### [Brief]
Nothing in the records may be altered; repeat them exactly.

### [Stored data entries]
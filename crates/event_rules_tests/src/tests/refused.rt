//! Fault injection: each allocation of `notices`, `stage` and `stage_watch` fails in turn. Without the shim each is
//! called once.

use super::*;
use refuser::{refuse, refuse_from, was_refused};

/// More allocations than a call here makes.
const MOST: u32 = 60;

/// How many allocations the notices of a call take. Each was made to fail. `None` if a result was wrong.
fn notices_refused(calls: &Calls, call: &FileCall, wanted: &Notices) -> Option<u32> {
    for k in 1..MOST {
        let _ = refuse(calls.alloc, k);
        let told = calls.noticed(call, &Everybody);
        match (told, was_refused(calls.alloc)) {
            (Err(Refusal::Enomem), true) => {}
            (Ok(told), false) if told.as_slice() == wanted.as_slice() => return Some(k - 1),
            _ => return None,
        }
    }
    None
}

/// Stages what [`stage`] stages for the watches, or the same notice by notice: by the watch of each file, unless a
/// notice before it ended that.
fn stages(
    watches: &Watches,
    notices: &[Notice],
    is_each: bool,
    staged: &mut Staged,
) -> Result<(), Refusal> {
    if !is_each {
        return stage(ID, watches, notices, staged);
    }
    for (place, notice) in notices.iter().enumerate() {
        let ended = EndedWatches::of(&notices[..place], notice.number());
        if let Some(watch) = watches.of(notice.number())
            && !ended.has_ended(watch)
        {
            stage_watch(ID, watch, notice, staged)?;
        }
    }
    Ok(())
}

/// Whether the same events are raised, and the same watches end.
fn are_same(one: &Staged, other: &Staged) -> bool {
    one.events.iter().eq(other.events.iter()) && one.drops.as_slice() == other.drops.as_slice()
}

/// Whether they are staged again in the capacity that was allocated.
fn stages_in_place(
    alloc: Global,
    watches: &Watches,
    notices: &[Notice],
    is_each: bool,
    staged: &mut Staged,
) -> bool {
    staged.clear();
    let _ = refuse_from(alloc, 1);
    let again = stages(watches, notices, is_each, staged);
    !was_refused(alloc) && again.is_ok()
}

/// How many allocations the events of a call take. Each was made to fail. `None` if a result was not that of
/// [`stage`], or if staging them again in the capacity that was allocated takes another one.
fn stage_refused(
    alloc: Global,
    watches: &Watches,
    notices: &[Notice],
    is_each: bool,
) -> Result<Option<u32>, Refusal> {
    let mut wanted = Staged::new(alloc);
    stage(ID, watches, notices, &mut wanted)?;
    for k in 1..MOST {
        let mut staged = Staged::new(alloc);
        let _ = refuse(alloc, k);
        let told = stages(watches, notices, is_each, &mut staged);
        match (told, was_refused(alloc)) {
            (Err(Refusal::Enomem), true) => {}
            (Ok(()), false) if are_same(&staged, &wanted) => {
                let is_well = stages_in_place(alloc, watches, notices, is_each, &mut staged);
                return Ok((is_well && are_same(&staged, &wanted)).then_some(k - 1));
            }
            _ => return Ok(None),
        }
    }
    Ok(None)
}

/// How many allocations the notices of a call take, its events, and its events notice by notice.
type Taken = [Option<u32>; 3];

fn counts_in_turn(
    calls: &Calls,
    watches: &Watches,
    call: &FileCall,
    wanted: &Notices,
) -> Result<Taken, Refusal> {
    let notices = notices_refused(calls, call, wanted);
    let staged = stage_refused(calls.alloc, watches, wanted.as_slice(), false)?;
    let each = stage_refused(calls.alloc, watches, wanted.as_slice(), true)?;
    Ok([notices, staged, each])
}

fn counts_of_call(calls: &Calls, watches: &Watches, call: &FileCall) -> Result<Taken, Refusal> {
    let wanted = calls.noticed(call, &Everybody)?;
    counts_in_turn(calls, watches, call, &wanted)
}

fn counts_of(calls: &Calls, watches: &Watches, ask: Ask) -> Result<Taken, Refusal> {
    let call = call_of(calls.alloc, ask)?;
    counts_of_call(calls, watches, &call)
}

/// Whether there are allocations just where a call takes memory.
fn is_grown(count: Option<u32>, grows: bool) -> bool {
    match count {
        Some(count) => (count > 0) == grows,
        None => false,
    }
}

/// Each allocation of each call fails in turn.
fn each_call_fails(rt: &impl Abort, calls: &Calls, watches: &Watches, has_refuser: bool) {
    for (ask, lines) in CALLS {
        let counts = counts_of(calls, watches, ask).expect(rt, "memory");
        let grows = has_refuser && !lines.is_empty();
        for count in counts {
            assert!(rt; is_grown(count, grows), "{ask:?}: {counts:?}");
        }
    }
}

#[test]
fn each_allocation_of_notices_and_events(rt: HostRuntime) {
    let alloc = rt.alloc();
    let has_refuser = refuse(alloc, MOST);
    let _ = was_refused(alloc);
    let calls = Calls::prepared(alloc).expect(&rt, "memory");
    let watches = watching(alloc).expect(&rt, "memory");
    each_call_fails(&rt, &calls, &watches, has_refuser);
}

### [Solution for this exercise]
filename crates/event_rules_tests/src/tests/refused.rt
//! Fault injection: each allocation of `notices`, `stage` and `stage_watch` fails in turn. Without the shim each is
//! called once.

use super::*;
use refuser::{refuse, refuse_from, was_refused};

/// More allocations than a call here makes.
const MOST: u32 = 60;

/// How many allocations the notices of a call take. Each was made to fail. `None` if a result was wrong.
fn notices_refused(calls: &Calls, call: &FileCall, wanted: &Notices) -> Option<u32> {
    for k in 1..MOST {
        let _ = refuse(calls.alloc, k);
        let told = calls.noticed(call, &Everybody);
        match (told, was_refused(calls.alloc)) {
            (Err(Refusal::Enomem), true) => {}
            (Ok(told), false) if told.as_slice() == wanted.as_slice() => return Some(k - 1),
            _ => return None,
        }
    }
    None
}

/// Stages what [`stage`] stages for the watches, or the same notice by notice: by the watch of each file, unless a
/// notice before it ended that.
fn stages(
    watches: &Watches,
    notices: &[Notice],
    is_each: bool,
    staged: &mut Staged,
) -> Result<(), Refusal> {
    if !is_each {
        return stage(ID, watches, notices, staged);
    }
    for (place, notice) in notices.iter().enumerate() {
        let ended = EndedWatches::of(&notices[..place], notice.number());
        if let Some(watch) = watches.of(notice.number())
            && !ended.has_ended(watch)
        {
            stage_watch(ID, watch, notice, staged)?;
        }
    }
    Ok(())
}

/// Whether the same events are raised, and the same watches end.
fn are_same(one: &Staged, other: &Staged) -> bool {
    one.events.iter().eq(other.events.iter()) && one.drops.as_slice() == other.drops.as_slice()
}

/// Whether they are staged again in the capacity that was allocated.
fn stages_in_place(
    alloc: Global,
    watches: &Watches,
    notices: &[Notice],
    is_each: bool,
    staged: &mut Staged,
) -> bool {
    staged.clear();
    let _ = refuse_from(alloc, 1);
    let again = stages(watches, notices, is_each, staged);
    !was_refused(alloc) && again.is_ok()
}

/// How many allocations the events of a call take. Each was made to fail. `None` if a result was not that of
/// [`stage`], or if staging them again in the capacity that was allocated takes another one.
fn stage_refused(
    alloc: Global,
    watches: &Watches,
    notices: &[Notice],
    is_each: bool,
) -> Result<Option<u32>, Refusal> {
    let mut wanted = Staged::new(alloc);
    stage(ID, watches, notices, &mut wanted)?;
    for k in 1..MOST {
        let mut staged = Staged::new(alloc);
        let _ = refuse(alloc, k);
        let told = stages(watches, notices, is_each, &mut staged);
        match (told, was_refused(alloc)) {
            (Err(Refusal::Enomem), true) => {}
            (Ok(()), false) if are_same(&staged, &wanted) => {
                let is_well = stages_in_place(alloc, watches, notices, is_each, &mut staged);
                return Ok((is_well && are_same(&staged, &wanted)).then_some(k - 1));
            }
            _ => return Ok(None),
        }
    }
    Ok(None)
}

/// How many allocations the notices of a call take, its events, and its events notice by notice.
type Taken = [Option<u32>; 3];

fn counts_in_turn(
    calls: &Calls,
    watches: &Watches,
    call: &FileCall,
    wanted: &Notices,
) -> Result<Taken, Refusal> {
    let notices = notices_refused(calls, call, wanted);
    let staged = stage_refused(calls.alloc, watches, wanted.as_slice(), false)?;
    let each = stage_refused(calls.alloc, watches, wanted.as_slice(), true)?;
    Ok([notices, staged, each])
}

fn counts_of_call(calls: &Calls, watches: &Watches, call: &FileCall) -> Result<Taken, Refusal> {
    let wanted = calls.noticed(call, &Everybody)?;
    counts_in_turn(calls, watches, call, &wanted)
}

fn counts_of(calls: &Calls, watches: &Watches, ask: Ask) -> Result<Taken, Refusal> {
    let call = call_of(calls.alloc, ask)?;
    counts_of_call(calls, watches, &call)
}

/// Whether there are allocations just where a call takes memory.
fn is_grown(count: Option<u32>, grows: bool) -> bool {
    match count {
        Some(count) => (count > 0) == grows,
        None => false,
    }
}

/// Each allocation of each call fails in turn.
fn each_call_fails(rt: &impl Abort, calls: &Calls, watches: &Watches, has_refuser: bool) {
    for (ask, lines) in CALLS {
        let counts = counts_of(calls, watches, ask).expect(rt, "memory");
        let grows = has_refuser && !lines.is_empty();
        for count in counts {
            assert!(rt; is_grown(count, grows), "{ask:?}: {counts:?}");
        }
    }
}

#[test]
fn each_allocation_of_notices_and_events(rt: HostRuntime) {
    let alloc = rt.alloc();
    let has_refuser = refuse(alloc, MOST);
    let _ = was_refused(alloc);
    let calls = Calls::prepared(alloc).expect(&rt, "memory");
    let watches = watching(alloc).expect(&rt, "memory");
    each_call_fails(&rt, &calls, &watches, has_refuser);
}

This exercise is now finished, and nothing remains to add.